=== INPUT ===
'''

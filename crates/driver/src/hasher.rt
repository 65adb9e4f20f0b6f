//! The hashers of the maps.
ghost use Rattle.std.specs.Prelude.{◌≡◌, ◌==◌, ◌+◌, ◌*◌, ◌%◌, fold, get_or, if◌then◌else◌};
ghost use Rattle.driver.specs.Hashers.{hash_of};

use super::counts::{Effect, Shared};
use super::identity::Identity;
use std::fmt;
use std::hash::{BuildHasher, Hasher};

/// An odd number whose multiples have changing bits up to the highest.
const MULTIPLIER: u64 = 0x9E37_79B9_7F4A_7C15;

/// What makes a byte the highest of eight: 2^56.
const HIGHEST_BYTE: u64 = 0x0100_0000_0000_0000;

/// What a hasher makes of the bytes that are written.
#[derive(Clone, Copy, Debug, Default)]
pub enum Choice {
    /// A hash that differs for most keys.
    #[default]
    Spread,
    /// The same hash for every key.
    Same,
    /// The first byte.
    Letter,
    /// A hash that differs for most keys in each of its 64 bits.
    Wide,
    /// The first byte as the highest of the eight of the hash.
    High,
}

impl Choice {
    /// Returns the choice of this name, `Spread` for any that is not known.
    pub fn named(name: &str) -> Choice {
        match name {
            "same" => Choice::Same,
            "letter" => Choice::Letter,
            "wide" => Choice::Wide,
            "high" => Choice::High,
            _ => Choice::Spread,
        }
    }
}

/// The bytes that were written, as a number, and the first of them.
#[derive(Clone, Copy)]
pub struct KeyHasher {
    choice: Choice,
    number: u64,
    first: u64,
}

impl Hasher for KeyHasher {
    ghost write = { λ state bytes. record {
      choice = state.choice;
      number = fold (λ number byte. number % 4294967296 * 31 + byte) state.number bytes;
      first = if state.first == 0 then get_or bytes 0 0 else state.first;
    } };

    ghost finish = { λ state. hash_of state.choice state.number state.first };

    fn finish(&self) -> u64 {
        match self.choice {
            Choice::Spread => self.number,
            Choice::Same => 0,
            Choice::Letter => self.first,
            Choice::Wide => self.number.wrapping_mul(MULTIPLIER),
            Choice::High => self.first.wrapping_mul(HIGHEST_BYTE),
        }
    }

    fn write(&mut self, bytes: &[u8]) {
        if self.first == 0 {
            self.first = first_of(bytes);
        }
        let mut number = self.number;
        for byte in bytes {
            number = number % 4_294_967_296 * 31 + u64::from(*byte);
        }
        self.number = number;
    }
}

/// The first byte, or 0 if there is none.
fn first_of(bytes: &[u8]) -> u64
    ensures { result ≡ get_or bytes.now 0 0 }
{
    match bytes.first() {
        Some(byte) => u64::from(*byte),
        None => 0,
    }
}

/// Makes the hashers of a choice. One that is made by default counts nothing, and its serial number
/// is 0.
#[derive(Clone, Default, Drop)]
pub struct BuildKeyHasher {
    identity: Identity,
    choice: Choice,
}

impl BuildKeyHasher {
    /// Makes the builder of a choice, with the next serial number.
    pub fn new(choice: Choice, counts: &Shared) -> BuildKeyHasher {
        BuildKeyHasher {
            identity: Identity::new(counts, Effect::DropHasher),
            choice,
        }
    }

    /// Makes a copy, which is not counted as a clone.
    pub fn copy(&self) -> BuildKeyHasher {
        BuildKeyHasher {
            identity: self.identity.copy(),
            choice: self.choice,
        }
    }
}

impl BuildHasher for BuildKeyHasher {
    type Hasher = KeyHasher;

    ghost build_hasher = { λ build. record { choice = build.choice; number = 0; first = 0 } };

    fn build_hasher(&self) -> KeyHasher {
        self.identity.count(Effect::BuildHasher);
        KeyHasher {
            choice: self.choice,
            number: 0,
            first: 0,
        }
    }
}

/// The choice alone.
impl fmt::Debug for BuildKeyHasher {
    fn fmt<W: fmt::Write>(&self, f: &mut fmt::Formatter<W>) -> fmt::Result {
        write!(f, "BuildKeyHasher {{ choice: {:?} }}", self.choice)
    }
}
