//! Marks by which a C library that is loaded first sees where a line and a call begin and end.

use std::alloc::Global;

/// The size of the allocation at the begin of a line.
pub const LINE_BEGINS: usize = 4240;

/// The size of the allocation before a call.
pub const CALL_BEGINS: usize = 4242;

/// The size of the allocation after a call.
pub const CALL_ENDS: usize = 4243;

/// Allocates so many bytes, writes the first and frees them.
pub fn mark(alloc: Global, size: usize) {
    if let Ok(mut bytes) = Vec::with_capacity(alloc, size) {
        let _ = bytes.push(1u8);
    }
}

'''

=== WORK TO BE COMPLETED ===
Reproduce each entry above character for character.

=== RESULT FOR THIS EXERCISE ===
filename crates/driver/src/hasher.rt
repository 65adb9e4f20f0b6f
//! The hashers of the maps.
ghost use Rattle.std.specs.Prelude.{◌≡◌, ◌==◌, ◌+◌, ◌*◌, ◌%◌, fold, get_or, if◌then◌else◌};
ghost use Rattle.driver.specs.Hashers.{hash_of};

use super::counts::{Effect, Shared};
use super::identity::Identity;
use std::fmt;
use std::hash::{BuildHasher, Hasher};

/// An odd number whose multiples have changing bits up to the highest.
const MULTIPLIER: u64 = 0x9E37_79B9_7F4A_7C15;

/// What makes a byte the highest of eight: 2^56.
const HIGHEST_BYTE: u64 = 0x0100_0000_0000_0000;

/// What a hasher makes of the bytes that are written.
#[derive(Clone, Copy, Debug, Default)]
pub enum Choice {
    /// A hash that differs for most keys.
    #[default]
    Spread,
    /// The same hash for every key.
    Same,
    /// The first byte.
    Letter,
    /// A hash that differs for most keys in each of its 64 bits.
    Wide,
    /// The first byte as the highest of the eight of the hash.
    High,
}

impl Choice {
    /// Returns the choice of this name, `Spread` for any that is not known.
    pub fn named(name: &str) -> Choice {
        match name {
            "same" => Choice::Same,
            "letter" => Choice::Letter,
            "wide" => Choice::Wide,
            "high" => Choice::High,
            _ => Choice::Spread,
        }
    }
}

/// The bytes that were written, as a number, and the first of them.
#[derive(Clone, Copy)]
pub struct KeyHasher {
    choice: Choice,
    number: u64,
    first: u64,
}

impl Hasher for KeyHasher {
    ghost write = { λ state bytes. record {
      choice = state.choice;
      number = fold (λ number byte. number % 4294967296 * 31 + byte) state.number bytes;
      first = if state.first == 0 then get_or bytes 0 0 else state.first;
    } };

    ghost finish = { λ state. hash_of state.choice state.number state.first };

    fn finish(&self) -> u64 {
        match self.choice {
            Choice::Spread => self.number,
            Choice::Same => 0,
            Choice::Letter => self.first,
            Choice::Wide => self.number.wrapping_mul(MULTIPLIER),
            Choice::High => self.first.wrapping_mul(HIGHEST_BYTE),
        }
    }

    fn write(&mut self, bytes: &[u8]) {
        if self.first == 0 {
            self.first = first_of(bytes);
        }
        let mut number = self.number;
        for byte in bytes {
            number = number % 4_294_967_296 * 31 + u64::from(*byte);
        }
        self.number = number;
    }
}

/// The first byte, or 0 if there is none.
fn first_of(bytes: &[u8]) -> u64
    ensures { result ≡ get_or bytes.now 0 0 }
{
    match bytes.first() {
        Some(byte) => u64::from(*byte),
        None => 0,
    }
}

/// Makes the hashers of a choice. One that is made by default counts nothing, and its serial number
/// is 0.
#[derive(Clone, Default, Drop)]
pub struct BuildKeyHasher {
    identity: Identity,
    choice: Choice,
}

impl BuildKeyHasher {
    /// Makes the builder of a choice, with the next serial number.
    pub fn new(choice: Choice, counts: &Shared) -> BuildKeyHasher {
        BuildKeyHasher {
            identity: Identity::new(counts, Effect::DropHasher),
            choice,
        }
    }

    /// Makes a copy, which is not counted as a clone.
    pub fn copy(&self) -> BuildKeyHasher {
        BuildKeyHasher {
            identity: self.identity.copy(),
            choice: self.choice,
        }
    }
}

impl BuildHasher for BuildKeyHasher {
    type Hasher = KeyHasher;

    ghost build_hasher = { λ build. record { choice = build.choice; number = 0; first = 0 } };

    fn build_hasher(&self) -> KeyHasher {
        self.identity.count(Effect::BuildHasher);
        KeyHasher {
            choice: self.choice,
            number: 0,
            first: 0,
        }
    }
}

/// The choice alone.
impl fmt::Debug for BuildKeyHasher {
    fn fmt<W: fmt::Write>(&self, f: &mut fmt::Formatter<W>) -> fmt::Result {
        write!(f, "BuildKeyHasher {{ choice: {:?} }}", self.choice)
    }
}
//! Marks by which a C library that is loaded first sees where a line and a call begin and end.

use std::alloc::Global;

/// The size of the allocation at the begin of a line.
pub const LINE_BEGINS: usize = 4240;

/// The size of the allocation before a call.
pub const CALL_BEGINS: usize = 4242;

/// The size of the allocation after a call.
pub const CALL_ENDS: usize = 4243;

/// Allocates so many bytes, writes the first and frees them.
pub fn mark(alloc: Global, size: usize) {
    if let Ok(mut bytes) = Vec::with_capacity(alloc, size) {
        let _ = bytes.push(1u8);
    }
}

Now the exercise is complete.